According to him, “The latter came to ‘help’ people considered ‘unfavoured races’- Charles Darwin’s own term resulting in African ‘Paranoia’ about foreign medical research.” He also identifies “conspiracy theories” and “conspiracy facts”, the former was “exposed by President Bill Clinton and President Barack Obama as conspiracy facts and openly apologised for.” The conspiracy theories thrived to the extent that American scientists deliberately infected Blacks with Syphilis over several decades; the investment of Billions on the “production of millions of genetically modified mosquitoes to ‘solve’ the malaria problem”, a modification said to be dangerous by some Public Health Scientists. The third evidence came from South Africa where some foreign assistants helped the spread of the deadly Aids disease. The professor notes mirthfully, “Is a ‘Paranoid African’ like me to be blamed for warning fellow tribes-people ‘Equo ne credite, Teucri Quid quid id est, timeo Danaos et dona ferentes’? [Do not trust the horse, Trojans! Whatever it is, I fear the Greeks even when they bring gifts!)”
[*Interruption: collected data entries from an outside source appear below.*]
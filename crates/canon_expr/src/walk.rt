//! The walk: what expressions mean, with what is wrong in them noted.
//!
//! It calls itself for the parts of an expression, so it is as deep as the constructs that are open at once.

ghost use Rattle.std.specs.Prelude.{◌≡◌, ◌++◌, map, None, option_map, IfOk, OnOk};
ghost use Rattle.elm_tree.specs.Tree as tree;
ghost use Rattle.elm_tree.specs.View as tree_view;
ghost use Rattle.elm_tree.specs.Turns.{tokens_view};
ghost use Rattle.elm_canon.specs.Tree as canon;
ghost use Rattle.elm_canon.specs.View.{expr_view, branch_view, group_view, annotation_view};
ghost use Rattle.canon_env.specs.Naming as naming;
ghost use Rattle.canon_env.specs.Locals.{Locals, with_names};
ghost use Rattle.canon_expr.specs.Scope.{locals_of};
ghost use Rattle.canon_expr.specs.Logs.{Grows};
ghost use Rattle.canon_expr.specs.Literals.{AreLiterals};
ghost use Rattle.canon_expr.specs.Calls.{callee_view};
ghost use Rattle.canon_expr.specs.Chains.{operand_view};
ghost use Rattle.canon_expr.specs.Binding.{uses_among, bound_by_each, defined_in};
ghost use Rattle.canon_expr.specs.Blocks.{joined_sites, reaching_sites};
ghost use Rattle.canon_expr.specs.Kept.{made_view};
ghost use Rattle.canon_expr.specs.Exprs as spec;
ghost use Rattle.canon_expr.specs.Walking.{StandsIn};

use crate::binding::{
    BoundPattern, Parameters, annotate, bind_parameters, bind_pattern, boxed_pattern, enter_block,
};
use crate::boxes::{
    applied, defined_by, forget, parts_of, push_branch, push_meaning, push_operand,
};
use crate::callee::Callee;
use crate::chain::{Operand, chain};
use crate::fields::accessed;
use crate::forms::{case_of, conditional, lambda, let_in, negated, strict_at};
use crate::gathering::Gathered;
use crate::items::boxed;
use crate::leaves::one_word;
use crate::log::Log;
use crate::made::Made;
use crate::records::{base_values, record_of};
use crate::scope::Scope;
use crate::uses::note_operator;
use canon_env::env::World;
use elm_canon::tree::{Annotation, Branch, Expr, Group, Op};
use elm_lexer::token::Token;
use elm_tree::tree;
use elm_tree::tree::{Definition, Part, Word};
use std::alloc::{AllocError, Global};

/// What the expression `written` means, of which more arguments may follow. It is of the text of the tokens `tokens`,
/// as the lexer makes them; `world` has the names of the module and its imports, and `scope` the local names, which are
/// the same afterwards. Faults are noted in `log`, with the places where the local names are bound that are used. The
/// error means that memory ran out; then some local names may still be in scope.
#[cycle(meaning)]
pub fn callee(
    alloc: Global,
    tokens: &[Token<'_>],
    world: &World,
    scope: &mut Scope,
    log: &mut Log,
    written: &tree::Expr,
) -> Result<Callee, AllocError>
    requires { AreLiterals (tokens_view tokens.now) }
    ensures meaning { IfOk result (λ c. (w : naming.World) (locals : Locals) → StandsIn world.now scope.old w locals
        → callee_view c ≡ spec.callee w locals
        (tree_view.expr_view (tokens_view tokens.now) written.now)) }
    ensures log { OnOk result ((w : naming.World) (locals : Locals) → StandsIn world.now scope.old w locals
        → Grows w log.old log.new (spec.expr_sites w locals
        (tree_view.expr_view (tokens_view tokens.now) written.now))) }
    ensures scope { OnOk result (locals_of scope.new ≡ locals_of scope.old) }
{
    match written {
        tree::Expr::OneWord(word) => one_word(alloc, tokens, world, scope, log, *word),
        tree::Expr::Negative(sign, inner) => {
            let inner = meant(alloc, tokens, world, scope, log, inner)?;
            negated(alloc, tokens, *sign, inner)
        }
        tree::Expr::Apply(function, arguments) => {
            let function = callee(alloc, tokens, world, scope, log, function)?;
            let function = boxed(alloc, function)?;
            let arguments = meant_each(alloc, tokens, world, scope, log, arguments)?;
            applied(function, arguments)
        }
        tree::Expr::Chain(first, parts) => {
            let first = callee(alloc, tokens, world, scope, log, first)?;
            let first = boxed(alloc, first)?;
            let operands = operands(alloc, tokens, world, scope, log, parts)?;
            chain(alloc, tokens, first, operands)
        }
        tree::Expr::List(first, items) => {
            let items = meant_each(alloc, tokens, world, scope, log, items)?;
            strict_at(alloc, tokens, *first, Op::List, items)
        }
        tree::Expr::Tuple(first, parts) => {
            let parts = meant_each(alloc, tokens, world, scope, log, parts)?;
            strict_at(alloc, tokens, *first, Op::Tuple, parts)
        }
        tree::Expr::Record(first, base, fields) => {
            let values = base_values(alloc, tokens, world, scope, log, *base)?;
            let values = meant_parts(alloc, tokens, world, scope, log, fields, values)?;
            record_of(alloc, tokens, log, *first, *base, fields, values)
        }
        tree::Expr::Access(first, inner, fields) => {
            let inner = meant(alloc, tokens, world, scope, log, inner)?;
            accessed(alloc, tokens, *first, inner, fields)
        }
        tree::Expr::If(condition, yes, no) => {
            let condition = meant(alloc, tokens, world, scope, log, condition)?;
            let yes = meant(alloc, tokens, world, scope, log, yes)?;
            let no = meant(alloc, tokens, world, scope, log, no)?;
            conditional(alloc, condition, yes, no)
        }
        tree::Expr::Case(first, subject, branches) => {
            let subject = meant(alloc, tokens, world, scope, log, subject)?;
            let branches = meant_branches(alloc, tokens, world, scope, log, branches)?;
            case_of(alloc, tokens, *first, subject, branches)
        }
        tree::Expr::Let(definitions, body) => {
            let entered = enter_block(alloc, tokens, world, scope, log, definitions)?;
            let groups = defined(alloc, tokens, world, scope, log, definitions)?;
            let body = meant(alloc, tokens, world, scope, log, body)?;
            scope.leave(entered)?;
            let_in(alloc, groups, body)
        }
        tree::Expr::Lambda(first, parameters, body) => {
            let Parameters { patterns, words } = bind_parameters(
                alloc, tokens, world, scope, log, parameters,
            )?;
            let body = scoped(alloc, tokens, world, scope, log, &words, body)?;
            lambda(alloc, tokens, *first, patterns, body)
        }
    }
}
Africans are not alone on the matter of vaccine hesitancy. According to William Gallo of Voice of America, “The U.S. military has so far kept its coronavirus numbers relatively low, thanks in part to strict discipline and the ability to easily enforce social distancing rules. However, as the Pentagon rolls out COVID-19 vaccines at its bases around the world, it is dealing with the challenge of how to convince service members to voluntarily take the vaccine…Pentagon leaders say they will not require their personnel to take the vaccine until the U.S. Food and Drug Administration gives its full approval of the drug. So far, the FDA has only given emergency authorization that allowed for the initial distribution of the vaccine. It could be up to two years before the full approval comes …” Harping on the cautious note of the US military, Gallo quoted Col. Doug Lougee, the lead medical officer for the US Korean forces who had noted that, “This [vaccine effort] is an interesting situation in that it is voluntary…Here in the military, especially the Army, we’re not used to telling people to volunteer or asking them to volunteer for things like this.”
The central message in all this is caution. Conspiracy theories could be conspiracy facts. In the next installment, I shall address the issue of non-vaccine alternatives to COVID-19.
Akhaine is Professor of Political Science at the Lagos State University.